Charles Joseph Gliniewicz

Lake County Sheriff's Office


After an investigation that cost more than $300,000, authorities announced today that Charles Joseph Gliniewicz, a police lieutenant in Fox Lake, Illinois, committed suicide on September 1. It had been clear for a while that this was a possibility, and news of this morning's announcement was leaked to the press last night. Now it's official: This was the "carefully planned" self-murder of an officer being investigated for "extensive criminal acts."

Ordinarily this sad story would just be local news. But Gliniewicz's death had initially been blamed on a mysterious ambush, and in the hysteria over the so-called "war on cops"—an alleged wave of guerilla assaults on law enforcement—his death was added to a national narrative. When Scott Walker was still in the presidential race, the candidate cited Gliniewicz while claiming that there was a "a disturbing trend of police officers being murdered on the job." When Pat Buchanan accused Barack Obama of "acting like a conscientious objector in this war on cops," Gliniewicz was his lead example.

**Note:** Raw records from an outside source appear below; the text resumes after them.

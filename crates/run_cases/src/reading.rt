//! Reading cases.
//!
//! A line of the file is blank, a remark, a heading, a line of a text behind four spaces, or begins with a word:
//!
//! | Line | Says |
//! |---|---|
//! | `-- ..`, `# ..` | nothing |
//! | `## NAME` | a case begins |
//! | `file NAME` | before calls, that the text below stands in the file; behind them, that it is expected there |
//! | `room N` | how many bytes the sink takes |
//! | `fail files N ..`, `fail sink N ..` | which calls of the files or of the sink fail, counted from 0 |
//! | `run WORD ..` | a call; the text below the last call of several is what each is expected to put |
//! | `full N levels N nodes` | a store that is expected to be full |
//! | `status N` | the status that is expected of the calls above |
//!
//! In an expected text a line `\...` stands for any lines.

use crate::case::{Call, Ending, Full, LeftFile};
use case_text::expected::{Expected, add_line};
use case_text::fault::{Blame, Fault};
use case_text::notation::read_word;
use case_text::section::{Kind, Line, Section};
use kripke_model::Name;
use smv_outside::Entry;
use std::alloc::Global;

/// How far the reading of some calls with their ending has come.
#[derive(Clone, Copy, Debug, PartialEq, Eq)]
enum Stage {
    /// Before the calls.
    Given,
    /// Among the calls.
    Calls,
    /// Behind the calls.
    Expected,
}

/// Where a line of a text belongs.
#[derive(Clone, Copy)]
enum Place {
    Nowhere,
    GivenFile,
    Put,
    LeftFile,
}

/// A case while it is read.
#[derive(Drop)]
struct CaseReader {
    alloc: Global,
    endings: Vec<Ending>,
    /// What is read of the next ending.
    ending: Ending,
    stage: Stage,
    place: Place,
    /// Whether the last line that begins with a word is a status.
    is_complete: bool,
}

impl CaseReader {
    fn new(alloc: Global) -> CaseReader {
        CaseReader {
            alloc,
            endings: Vec::new(alloc),
            ending: Ending::new(alloc),
            stage: Stage::Given,
            place: Place::Nowhere,
            is_complete: false,
        }
    }

    fn read(&mut self, line: &Line) -> Result<(), Fault> {
        match line.kind()? {
            Kind::Text(text) => self.read_text(line.blank, text),
            Kind::Words(words) => self.read_words(words),
        }
    }

    /// Reads a line of a text.
    fn read_text(&mut self, blank: usize, line: &str) -> Result<(), Fault> {
        match self.place {
            Place::Nowhere => Err(Fault::LooseText),
            Place::GivenFile => {
                let entry = self.ending.given.last_mut().ok_or(Fault::LooseText)?;
                add_line(self.alloc, blank, line, &mut entry.bytes)
            }
            Place::Put => {
                self.stage = Stage::Expected;
                self.ending.put.add(self.alloc, blank, line)
            }
            Place::LeftFile => {
                let file = self.ending.left.last_mut().ok_or(Fault::LooseText)?;
                file.text.add(self.alloc, blank, line)
            }
        }
    }

    /// Reads a line that begins with a word.
    fn read_words(&mut self, line: &str) -> Result<(), Fault> {
        let (word, rest) = line.split_once(' ').unwrap_or((line, ""));
        self.place = Place::Nowhere;
        self.is_complete = word == "status";
        match word {
            "file" => self.read_file(rest),
            "room" => self.read_room(rest),
            "fail" => self.read_fails(rest),
            "run" => self.read_call(line, rest),
            "full" => self.read_full(rest),
            "status" => self.read_status(rest),
            _ => Err(Fault::UnknownWord),
        }
    }

    fn read_file(&mut self, name: &str) -> Result<(), Fault> {
        let name = String::from_str(self.alloc, name)?;
        if self.stage == Stage::Given {
            self.place = Place::GivenFile;
            self.ending.given.push(Entry {
                name: Name::new(name),
                bytes: Vec::new(self.alloc),
            })?;
        } else {
            self.place = Place::LeftFile;
            self.stage = Stage::Expected;
            self.ending.left.push(LeftFile {
                name,
                text: Expected::new(self.alloc),
            })?;
        }
        Ok(())
    }

    fn read_room(&mut self, rest: &str) -> Result<(), Fault> {
        if self.stage != Stage::Given {
            return Err(Fault::OutOfPlace);
        }
        self.ending.room = rest.parse().map_err(|_| Fault::NoNumber)?;
        Ok(())
    }

    fn read_fails(&mut self, rest: &str) -> Result<(), Fault> {
        if self.stage != Stage::Given {
            return Err(Fault::OutOfPlace);
        }
        match rest.split_once(' ') {
            Some(("files", numbers)) => read_numbers(numbers, &mut self.ending.file_fails),
            Some(("sink", numbers)) => read_numbers(numbers, &mut self.ending.sink_fails),
            _ => Err(Fault::UnknownWord),
        }
    }

    fn read_call(&mut self, line: &str, rest: &str) -> Result<(), Fault> {
        if self.stage == Stage::Expected {
            return Err(Fault::OutOfPlace);
        }
        self.stage = Stage::Calls;
        self.place = Place::Put;
        let line = String::from_str(self.alloc, line)?;
        let words = call_words(self.alloc, rest)?;
        self.ending.calls.push(Call { line, words })?;
        Ok(())
    }

    fn read_full(&mut self, rest: &str) -> Result<(), Fault> {
        if self.stage == Stage::Given {
            return Err(Fault::OutOfPlace);
        }
        self.stage = Stage::Expected;
        let full = full_of(rest).ok_or(Fault::NoNumber)?;
        self.ending.full.push(full)?;
        Ok(())
    }

    fn read_status(&mut self, rest: &str) -> Result<(), Fault> {
        if self.stage == Stage::Given {
            return Err(Fault::OutOfPlace);
        }
        let mut ending = std::mem::replace(&mut self.ending, Ending::new(self.alloc));
        ending.status = rest.parse().map_err(|_| Fault::NoNumber)?;
        self.endings.push(ending)?;
        self.stage = Stage::Given;
        Ok(())
    }
}

fn read_numbers(words: &str, numbers: &mut Vec<u64>) -> Result<(), Fault> {
    for word in words.split(' ') {
        numbers.push(word.parse().map_err(|_| Fault::NoNumber)?)?;
    }
    Ok(())
}

fn call_words(alloc: Global, rest: &str) -> Result<Vec<String>, Fault> {
    let mut words = Vec::new(alloc);
    if rest.is_empty() {
        return Ok(words);
    }
    for word in rest.split(' ') {
        words.push(read_word(alloc, word)?)?;
    }
    Ok(words)
}

/// The store of `N levels N nodes`.
fn full_of(rest: &str) -> Option<Full> {
    let (levels, nodes) = rest.strip_suffix(" nodes")?.split_once(" levels ")?;
    Some(Full {
        levels: levels.parse().ok()?,
        nodes: nodes.parse().ok()?,
    })
}

/// How the calls of a case are expected to end.
pub fn endings_of(alloc: Global, case: &Section) -> Result<Vec<Ending>, Blame> {
    let mut reader = CaseReader::new(alloc);
    let mut last = case.number;
    for line in case.lines.iter() {
        last = line.number;
        if let Err(fault) = reader.read(line) {
            return Err(Blame { line: last, fault });
        }
    }
    if reader.is_complete {
        return Ok(reader.endings);
    }
    Err(Blame {
        line: last,
        fault: Fault::NoStatus,
    })
}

Breitbart.com initially reported Gliniewicz's death under the headline "WAR ON COPS: OFFICER SHOT AND KILLED IN CHICAGO SUBURB."

Meanwhile, 2015 is on track to be one of the safest years on record for American police officers. If you focus just on the number of cops killed in ambushes or execution-style, this year's total is in the single digits. And the number of killings where the motives have been definitively linked to an anti-cop ideology? I know of none in 2015. In 2014 I know of four, two of them before the Ferguson eruption and two of them afterward.

The Gliniewicz announcement comes a few days after another war-on-cops scare story—an alleged anarchist plot to murder officers on Halloween—melted away with so many other Halloween hoaxes. But don't be surprised when the war-on-cops legend nonetheless soldiers on. That story has been weaving in and out of the media for years now, fueled more by the state of public anxiety than by any substantial evidence that it's true. And right now, there's plenty of anxiety to go around.